Record set:
↓↓↓
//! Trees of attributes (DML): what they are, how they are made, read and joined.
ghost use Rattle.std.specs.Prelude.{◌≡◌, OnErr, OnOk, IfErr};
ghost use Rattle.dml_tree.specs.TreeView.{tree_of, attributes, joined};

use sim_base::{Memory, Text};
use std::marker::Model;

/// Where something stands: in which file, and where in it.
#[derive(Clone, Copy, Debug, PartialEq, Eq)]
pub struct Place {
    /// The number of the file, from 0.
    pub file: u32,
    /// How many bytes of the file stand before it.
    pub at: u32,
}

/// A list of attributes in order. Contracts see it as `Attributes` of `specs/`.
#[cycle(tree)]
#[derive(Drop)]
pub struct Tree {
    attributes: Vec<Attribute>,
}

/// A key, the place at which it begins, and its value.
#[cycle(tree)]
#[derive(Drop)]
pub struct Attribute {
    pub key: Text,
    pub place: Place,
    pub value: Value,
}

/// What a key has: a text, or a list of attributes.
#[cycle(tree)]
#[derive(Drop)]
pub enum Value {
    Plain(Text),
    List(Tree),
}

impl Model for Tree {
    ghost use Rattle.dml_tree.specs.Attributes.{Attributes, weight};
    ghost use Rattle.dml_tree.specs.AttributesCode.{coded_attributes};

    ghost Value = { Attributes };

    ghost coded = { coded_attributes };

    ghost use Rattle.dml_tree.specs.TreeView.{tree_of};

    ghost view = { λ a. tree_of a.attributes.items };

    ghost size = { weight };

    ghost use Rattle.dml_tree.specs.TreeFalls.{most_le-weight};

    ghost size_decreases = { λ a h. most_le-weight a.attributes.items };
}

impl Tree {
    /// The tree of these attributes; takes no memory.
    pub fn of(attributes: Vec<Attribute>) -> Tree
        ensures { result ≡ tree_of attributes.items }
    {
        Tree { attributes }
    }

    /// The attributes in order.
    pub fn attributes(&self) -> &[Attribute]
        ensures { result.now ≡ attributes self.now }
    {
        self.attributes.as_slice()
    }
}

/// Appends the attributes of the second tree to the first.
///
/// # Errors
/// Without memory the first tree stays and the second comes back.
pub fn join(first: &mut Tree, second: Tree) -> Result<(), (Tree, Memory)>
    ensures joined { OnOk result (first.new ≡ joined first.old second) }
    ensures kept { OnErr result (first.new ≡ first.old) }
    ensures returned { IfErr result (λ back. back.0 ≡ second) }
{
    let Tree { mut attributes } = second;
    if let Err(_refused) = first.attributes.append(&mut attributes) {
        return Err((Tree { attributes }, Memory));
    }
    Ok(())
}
↑↑↑
↓↓↓
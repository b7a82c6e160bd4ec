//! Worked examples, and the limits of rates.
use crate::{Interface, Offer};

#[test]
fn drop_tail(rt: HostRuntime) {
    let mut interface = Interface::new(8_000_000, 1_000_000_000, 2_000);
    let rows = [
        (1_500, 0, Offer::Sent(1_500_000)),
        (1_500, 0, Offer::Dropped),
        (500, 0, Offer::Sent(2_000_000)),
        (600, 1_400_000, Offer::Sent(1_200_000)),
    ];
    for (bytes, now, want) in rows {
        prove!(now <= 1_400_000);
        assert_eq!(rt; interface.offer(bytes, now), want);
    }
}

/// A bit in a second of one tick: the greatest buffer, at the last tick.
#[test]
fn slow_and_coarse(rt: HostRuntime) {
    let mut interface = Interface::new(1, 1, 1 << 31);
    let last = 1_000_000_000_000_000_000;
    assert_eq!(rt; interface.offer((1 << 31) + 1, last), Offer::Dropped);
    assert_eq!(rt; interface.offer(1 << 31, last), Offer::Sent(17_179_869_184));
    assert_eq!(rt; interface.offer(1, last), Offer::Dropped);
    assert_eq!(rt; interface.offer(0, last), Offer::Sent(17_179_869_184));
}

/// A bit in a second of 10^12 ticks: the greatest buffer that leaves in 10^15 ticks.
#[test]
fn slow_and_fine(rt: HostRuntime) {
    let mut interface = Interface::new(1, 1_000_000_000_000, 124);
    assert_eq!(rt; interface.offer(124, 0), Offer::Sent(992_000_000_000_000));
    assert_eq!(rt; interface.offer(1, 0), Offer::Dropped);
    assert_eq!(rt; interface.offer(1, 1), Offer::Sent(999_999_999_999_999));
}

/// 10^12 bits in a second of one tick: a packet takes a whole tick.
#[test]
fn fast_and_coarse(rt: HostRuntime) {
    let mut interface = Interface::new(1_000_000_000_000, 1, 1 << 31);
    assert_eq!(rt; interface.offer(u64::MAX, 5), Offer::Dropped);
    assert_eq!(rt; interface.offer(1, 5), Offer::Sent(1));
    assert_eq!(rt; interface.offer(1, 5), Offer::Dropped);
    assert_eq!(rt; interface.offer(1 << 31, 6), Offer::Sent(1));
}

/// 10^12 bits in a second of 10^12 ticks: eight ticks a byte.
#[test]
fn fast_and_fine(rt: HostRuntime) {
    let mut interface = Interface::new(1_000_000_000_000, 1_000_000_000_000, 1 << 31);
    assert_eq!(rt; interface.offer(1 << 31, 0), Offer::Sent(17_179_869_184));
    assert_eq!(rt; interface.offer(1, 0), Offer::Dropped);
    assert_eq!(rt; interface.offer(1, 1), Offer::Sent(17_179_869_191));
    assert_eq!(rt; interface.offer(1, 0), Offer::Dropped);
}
↑↑↑
Exercise: Show the lines above with "back".

Solution below:
/// Without memory the first tree stays and the second comes back.
    ensures returned { IfErr result (λ back. back.0 ≡ second) }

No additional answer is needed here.